*WHAT YOU HAVE TO DO*
Wherever a line of the records contains "times", copy that line.

━━━ INPUT RECORDS

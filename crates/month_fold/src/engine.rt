//! What runs of a basin are made with.
ghost use Rattle.std.specs.Prelude.{List, ◌≡◌, ◌+◌, ◌*◌, ◌<◌, ◌≤◌, ◌++◌, ◌∷◌, [], All, length, map, IfOk};
ghost use Rattle.rights_roll.specs.Rolls.{IsRollOf};
ghost use Rattle.water_model.specs.History.{IsPartialHistory, opening_after, HaveReaches, HasReaches};
ghost use Rattle.water_model.specs.Valid.{IsValidBasin, IsSeriesOf};
ghost use Rattle.water_model.specs.declared.types.Series.{Series};
ghost use Rattle.water_model.specs.declared.types.MonthRecord.{MonthRecord};
ghost use Rattle.month_fold.specs.Uses.{HasDeliveries, StateUse};
ghost use Rattle.month_fold.specs.Runs.{RunStandsFor, WentThrough, HasRecords, run_with};
ghost use Rattle.month_fold.specs.Works.{Solves};

use crate::next::{next_month, use_volumes};
use crate::resume::{replay_returns, store_after, use_after};
use crate::work::Work;
use lag_returns::Lags;
use month_terms::calendar::Calendar;
use month_terms::evaporation::tables_of;
use month_terms::opening::blank_month;
use reservoirs::AreaTable;
use rights_roll::roll::Roll;
use senior_hold::Solver;
use std::alloc::{AllocError, Global};
use std::marker::Model;
use std::sync::ledger::Ledger;
use water_model::blank::zeros;
use water_model::rows::Rows;
use water_model::types::{Basin, MonthRecord, Series};

/// What a run of a basin is made with, apart from its series: the solver, the calendar and the area tables, and the
/// memory for what is on its way, what was used of volumes and the record of the last month. One engine serves one run
/// after another.
///
/// All memory is taken where an engine is opened. The network, the roll, the calendar and the area tables are built
/// there once: no run that it serves, and no writer of such a run's results, builds them again.
#[derive(Drop)]
pub struct Engine<'b> {
    basin: &'b Basin,
    solver: Box<Solver<'b>>,
    calendar: Calendar,
    tables: Vec<AreaTable>,
    lags: Lags,
    used: Rows<u64>,
    month: Box<MonthRecord>,
}

impl<'b> Model for Engine<'b> {
    ghost use Rattle.month_fold.specs.Runs.{EngineView};

    ghost Value = { EngineView };

    ghost use Rattle.month_fold.specs.RunInside.{engine_of, IsFitted};

    ghost view = { engine_of };

    ghost invariant = { IsFitted };
}

/// The solver of the basin's months. AllocError comes where memory is lacking.
fn solver_of<'b>(alloc: Global, basin: &'b Basin) -> Result<Box<Solver<'b>>, AllocError>
    requires { IsValidBasin basin.now }
    ensures { IfOk result (λ solver. solver.value ≡ basin.now) }
{
    Ok(Box::new(alloc, Solver::open(alloc, basin)?)?)
}

impl<'b> Engine<'b> {
    /// An engine for runs of a basin. AllocError comes where memory is lacking. No other call takes memory.
    pub fn open(alloc: Global, basin: &'b Basin) -> Result<Engine<'b>, AllocError>
        requires { IsValidBasin basin.now }
        ensures { IfOk result (λ engine. engine.basin ≡ basin.now) }
    {
        let month = blank_month(alloc, basin)?;
        let used = zeros(alloc, basin.rights.len())?;
        let tables = tables_of(alloc, basin)?;
        let lags = Lags::open(alloc, basin.returns.as_slice())?;
        let solver = solver_of(alloc, basin)?;
        let calendar = Calendar::of(alloc, basin)?;
        Ok(Engine {
            basin,
            solver,
            calendar,
            tables,
            lags,
            used,
            month,
        })
    }

    /// Starts after these months of a run, which another engine may have solved: after none it stands before the first.
    /// Nothing is left of the run that it served before. No month is solved, and no memory is taken: the cost is linear
    /// in the return rows times the months.
    pub fn start_after(&mut self, months: &[Box<MonthRecord>])
        requires deliveries { All (λ m. HasDeliveries self.old.basin m.value) months.now }
        requires stated { StateUse self.old.basin (map (λ m. m.value) months.now) }
        requires stored { length (opening_after self.old.basin (map (λ m. m.value) months.now))
            ≡ length self.old.basin.reservoirs }
        ensures basin { self.new.basin ≡ self.old.basin }
        ensures went { (series : Series) → IsSeriesOf self.new.basin series →
            IsPartialHistory self.new.basin series (map (λ m. m.value) months.now) →
            WentThrough (run_with self.new series (length months.now)) (map (λ m. m.value) months.now) }
        ensures stands { (series : Series) → IsSeriesOf self.new.basin series →
            IsPartialHistory self.new.basin series (map (λ m. m.value) months.now) →
            HaveReaches self.new.basin (map (λ m. m.value) months.now) →
            RunStandsFor (run_with self.new series (length months.now)) (map (λ m. m.value) months.now) }
    {
        replay_returns(self.basin, months, &mut self.lags);
        use_after(self.basin, months, &mut self.used);
        store_after(self.basin, months, &mut *self.month);
    }

    /// The basin, which is valid.
    pub fn basin(&self) -> &'b Basin
        ensures value { result.now ≡ self.now.basin }
        ensures valid { IsValidBasin result.now }
    {
        self.basin
    }

    /// Leaves it open from now on by which links water goes: for runs of which nobody reads a flow.
    pub fn leave_flows(&mut self)
        ensures { self.new ≡ self.old }
    {
        self.solver.leave_flows();
    }

    /// The roll of the basin's rights, by which months are solved.
    pub fn roll(&self) -> &Roll
        ensures { IsRollOf self.now.basin.rights result.now }
    {
        self.solver.roll()
    }

    /// The record of the month that was solved last. Where none was since the engine was started after some months, it
    /// says only with which storage the next month opens, as its closing.
    pub fn month(&self) -> &MonthRecord
        ensures { result.now ≡ self.now.last }
    {
        &self.month
    }

    /// Solves the month after the first `done` of a series; `month` then gives its record. `work` counts each search
    /// that finds a walk, and the month.
    pub fn step<P: Ledger, M: Ledger>(&mut self, series: &Series, done: u32, work: &mut Work<P, M>)
        requires left { done < self.old.basin.months }
        requires months { HasRecords (run_with self.old series.now done) }
        ensures basin { self.new.basin ≡ self.old.basin }
        ensures went { (records : List MonthRecord) → WentThrough (run_with self.old series.now done) records →
            WentThrough (run_with self.new series.now (done + 1)) (records ++ self.new.last ∷ []) }
        ensures reaches { HasReaches self.old.basin self.new.last }
        ensures month { (records : List MonthRecord) → RunStandsFor (run_with self.old series.now done) records →
            RunStandsFor (run_with self.new series.now (done + 1)) (records ++ self.new.last ∷ []) }
        ensures counted { work.new.months ≡ work.old.months + 1 }
        ensures work { Solves 1 self.old.basin work.old work.new }
    {
        next_month(
            self.basin,
            series,
            &self.calendar,
            &self.tables,
            &self.lags,
            self.used.as_slice(),
            &mut *self.solver,
            done,
            &mut *self.month,
            &mut work.pushes,
        );
        self.lags.month_done(self.month.delivered.as_slice());
        use_volumes(self.basin, done, &self.month, &mut self.used);
        work.months.tick();
    }
}
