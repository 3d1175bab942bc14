//! A run of a basin, month by month.
ghost use Rattle.std.specs.Prelude.{List, ◌≡◌, ◌+◌, ◌-◌, ◌<◌, ◌≤◌, ◌++◌, ◌∷◌, [], map, IfOk};
ghost use Rattle.rights_roll.specs.Rolls.{IsRollOf};
ghost use Rattle.water_model.specs.Valid.{IsValidBasin, IsSeriesOf};
ghost use Rattle.water_model.specs.declared.types.MonthRecord.{MonthRecord};
ghost use Rattle.water_model.specs.History.{IsPartialHistory, HaveReaches, HasReaches};
ghost use Rattle.month_fold.specs.Runs.{RunStandsFor, WentThrough};
ghost use Rattle.month_fold.specs.Works.{Solves};

use crate::engine::Engine;
use crate::work::Work;
use rights_roll::roll::Roll;
use std::alloc::{AllocError, Global};
use std::marker::Model;
use std::sync::ledger::Ledger;
use water_model::types::{Basin, MonthRecord, Series};

/// A run of a basin with a series of inflows.
///
/// It keeps the record of the last month, what is on its way and what was used of volumes, and no record before. It
/// stands for all months that it went through: contracts say what holds for each list of records that it stands for.
#[derive(Drop)]
pub struct Run<'b, 's> {
    engine: Engine<'b>,
    series: &'s Series,
    done: u32,
}

impl<'b, 's> Model for Run<'b, 's> {
    ghost use Rattle.month_fold.specs.Runs.{RunView};

    ghost Value = { RunView };

    ghost use Rattle.month_fold.specs.RunInside.{view_of, IsValidState};

    ghost view = { view_of };

    ghost invariant = { IsValidState };
}

impl<'b, 's> Run<'b, 's> {
    /// A run before its first month. AllocError comes where memory is lacking.
    pub fn open(
        alloc: Global,
        basin: &'b Basin,
        series: &'s Series,
    ) -> Result<Run<'b, 's>, AllocError>
        requires basin { IsValidBasin basin.now }
        requires series { IsSeriesOf basin.now series.now }
        ensures basin { IfOk result (λ run. run.basin ≡ basin.now) }
        ensures series { IfOk result (λ run. run.series ≡ series.now) }
        ensures stands { IfOk result (λ run. RunStandsFor run []) }
    {
        Ok(Run::begin(Engine::open(alloc, basin)?, series))
    }

    /// A run before its first month, in the memory of an engine: it takes none. The engine may have served other runs,
    /// and nothing of them is left.
    pub fn begin(mut engine: Engine<'b>, series: &'s Series) -> Run<'b, 's>
        requires { IsSeriesOf engine.basin series.now }
        ensures basin { result.basin ≡ engine.entry.basin }
        ensures series { result.series ≡ series.now }
        ensures stands { RunStandsFor result [] }
    {
        engine.start_after(&[]);
        Run {
            engine,
            series,
            done: 0,
        }
    }

    /// Ends the run. Its engine may serve another one.
    pub fn close(self) -> Engine<'b>
        ensures { result.basin ≡ self.entry.basin }
    {
        let Run {
            engine,
            series: _,
            done: _,
        } = self;
        engine
    }

    /// A run that went through these months, which may have been solved by another run, or in another way: any partial
    /// history will do. AllocError comes where memory is lacking. No month is solved: the cost is that of opening a
    /// run, and linear in the return rows times the months.
    pub fn resume(
        alloc: Global,
        basin: &'b Basin,
        series: &'s Series,
        months: &[Box<MonthRecord>],
    ) -> Result<Run<'b, 's>, AllocError>
        requires basin { IsValidBasin basin.now }
        requires series { IsSeriesOf basin.now series.now }
        requires months { IsPartialHistory basin.now series.now (map (λ m. m.value) months.now) }
        ensures basin { IfOk result (λ run. run.basin ≡ basin.now) }
        ensures series { IfOk result (λ run. run.series ≡ series.now) }
        ensures went { IfOk result (λ run. WentThrough run (map (λ m. m.value) months.now)) }
        ensures stands { IfOk result (λ run. HaveReaches basin.now (map (λ m. m.value) months.now) →
            RunStandsFor run (map (λ m. m.value) months.now)) }
    {
        let mut engine = Engine::open(alloc, basin)?;
        engine.start_after(months);
        Ok(Run {
            engine,
            series,
            done: months.len() as u32,
        })
    }

    /// The basin, which is valid.
    pub fn basin(&self) -> &'b Basin
        ensures value { result.now ≡ self.now.basin }
        ensures valid { IsValidBasin result.now }
    {
        self.engine.basin()
    }

    /// The series, which is one of the basin.
    pub fn series(&self) -> &'s Series
        ensures value { result.now ≡ self.now.series }
        ensures fits { IsSeriesOf self.now.basin result.now }
    {
        self.series
    }

    /// Leaves it open from now on by which links water goes: for those who read no flow of the months to come. All else
    /// in a record stays what it is.
    pub fn leave_flows(&mut self)
        ensures { self.new ≡ self.old }
    {
        self.engine.leave_flows();
    }

    /// The roll of the basin's rights, by which months are solved.
    pub fn roll(&self) -> &Roll
        ensures { IsRollOf self.now.basin.rights result.now }
    {
        self.engine.roll()
    }

    /// How many months are left: at first all months of the run.
    pub fn left(&self) -> u32
        ensures { result ≡ self.now.basin.months - self.now.done }
    {
        self.engine.basin().months - self.done
    }

    /// The record of the month that was solved last. Before the first step it says only with which storage the next
    /// month opens, as its closing.
    pub fn month(&self) -> &MonthRecord
        ensures { result.now ≡ self.now.last }
    {
        self.engine.month()
    }

    /// Solves the next month; `month` then gives its record: it follows the records before it, and the set of each
    /// short right is its reach. `work` counts each search that finds a walk, and the month. It refuses nothing and
    /// takes no memory: once a run is open, each of its months has its record.
    pub fn step<P: Ledger, M: Ledger>(&mut self, work: &mut Work<P, M>)
        requires left { self.old.done < self.old.basin.months }
        ensures basin { self.new.basin ≡ self.old.basin }
        ensures series { self.new.series ≡ self.old.series }
        ensures went { (records : List MonthRecord) → WentThrough self.old records →
            WentThrough self.new (records ++ self.new.last ∷ []) }
        ensures reaches { HasReaches self.old.basin self.new.last }
        ensures month { (records : List MonthRecord) → RunStandsFor self.old records →
            RunStandsFor self.new (records ++ self.new.last ∷ []) }
        ensures counted { work.new.months ≡ work.old.months + 1 }
        ensures work { Solves 1 self.old.basin work.old work.new }
    {
        self.engine.step(self.series, self.done, work);
        self.done += 1;
    }
}
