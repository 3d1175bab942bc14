//! One month more.
ghost use Rattle.std.specs.Prelude.{ℕ, List, ◌≡◌, ◌+◌, ◌^◌, ◌<◌, ◌≤◌, ◌++◌, ◌∷◌, [], All, length, map, slice_index};
ghost use Rattle.lag_returns.specs.Lags.{HasReturned, return_rows};
ghost use Rattle.lag_returns.specs.Lags as lag;
ghost use Rattle.month_terms.specs.Calendars.{IsCalendar};
ghost use Rattle.month_terms.specs.Terms.{FitsRecord, HasUsed};
ghost use Rattle.senior_hold.specs.MonthNetwork.{month_pushes};
ghost use Rattle.water_model.specs.Valid.{IsValidBasin};
ghost use Rattle.water_model.specs.declared.types.MonthRecord.{MonthRecord};
ghost use Rattle.month_fold.specs.Uses.{HasDeliveries};
ghost use Rattle.month_fold.specs.Runs.{WentThrough, HasRecords, IsNext, run_with};

use lag_returns::Lags;
use month_terms::calendar::Calendar;
use month_terms::month::{conclude, settle};
use month_terms::used::use_month;
use reservoirs::AreaTable;
use senior_hold::Solver;
use std::sync::ledger::Ledger;
use steps::Steps;
use water_model::rows::Rows;
use water_model::types::{Basin, MonthRecord, Series};

/// Writes what comes back to each node this month into its record, and what each right used of its volume before.
fn write_returns(basin: &Basin, lags: &Lags, used: &[u64], month: &mut MonthRecord)
    requires basin { IsValidBasin basin.now }
    requires rows { return_rows lags.now ≡ basin.now.returns }
    requires returned { length month.old.returned ≡ length basin.now.nodes }
    requires used { length month.old.used ≡ length used.now }
    ensures each { (deliveries : List (List ℕ)) → lag.LagsStandFor lags.now basin.now.returns deliveries →
        HasReturned basin.now deliveries month.new.returned }
    ensures used { month.new.used ≡ used.now }
    ensures rest { month.new ≡ record month.old { returned = month.new.returned; used = month.new.used } }
    ensures length { length month.new.returned ≡ length month.old.returned }
{
    lags.write_returns(basin, &mut month.returned);
    month.used.as_mut_slice().copy_from_slice(used);
}

/// Goes on to the month after the one with this index and record: `used` is what each right with a volume used of it
/// before this month, and then before the month after it.
pub fn use_volumes(basin: &Basin, index: u32, month: &MonthRecord, used: &mut Rows<u64>)
    requires basin { IsValidBasin basin.now }
    requires index { index < basin.now.months }
    requires deliveries { HasDeliveries basin.now month.now }
    requires used { length used.old ≡ length basin.now.rights }
    requires little { (r : ℕ) → r < length basin.now.rights → slice_index used.old r ≤ 10 ^ 15 }
    ensures { (deliveries : List (List ℕ)) → length deliveries ≡ index → HasUsed basin.now deliveries used.old →
        HasUsed basin.now (deliveries ++ month.now.delivered ∷ []) used.new }
{
    use_month(
        basin,
        index,
        month.delivered.as_slice(),
        used.as_mut_slice(),
    );
}

/// Solves the month with this index in a record that has the closing storage of the month before. `calendar` is the
/// basin's, `tables` has the area table of each reservoir, and `used` what each right used of its volume before in the
/// water year. Each search that finds a walk ticks `pushes` once. It takes no memory.
pub fn next_month<L: Ledger>(
    basin: &Basin,
    series: &Series,
    calendar: &Calendar,
    tables: &[AreaTable],
    lags: &Lags,
    used: &[u64],
    solver: &mut Solver,
    index: u32,
    month: &mut MonthRecord,
    pushes: &mut Steps<L>,
)
    requires calendar { IsCalendar basin.now calendar.now }
    requires tables { tables.now ≡ map (λ v. v.area) basin.now.reservoirs }
    requires solver { solver.old ≡ basin.now }
    requires index { index < basin.now.months }
    requires month { FitsRecord basin.now month.old }
    requires months { HasRecords (run_with
        (record { basin = basin.now; last = month.old; lags = lags.now; used = used.now }) series.now index) }
    ensures solver { solver.new ≡ solver.old }
    ensures fits { FitsRecord basin.now month.new }
    ensures small { All (λ n. n ≤ 10 ^ 9) month.new.delivered }
    ensures next { (records : List MonthRecord) →
        WentThrough (run_with
        (record { basin = basin.now; last = month.old; lags = lags.now; used = used.now }) series.now index) records →
        IsNext basin.now series.now records month.new }
    ensures pushes { pushes.new ≤ pushes.old + month_pushes basin.now }
{
    write_returns(basin, lags, used, month);
    settle(calendar, basin, series, tables, index, month);
    month.cuts.clear();
    solver.solve_month(
        month.month,
        month.supply.as_slice(),
        month.want.as_slice(),
        &mut month.plan,
        &mut month.cuts,
        pushes,
    );
    conclude(calendar, basin, month);
}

━━━━━━

*EXERCISE ANSWER*
    /// in the return rows times the months.
    /// run, and linear in the return rows times the months.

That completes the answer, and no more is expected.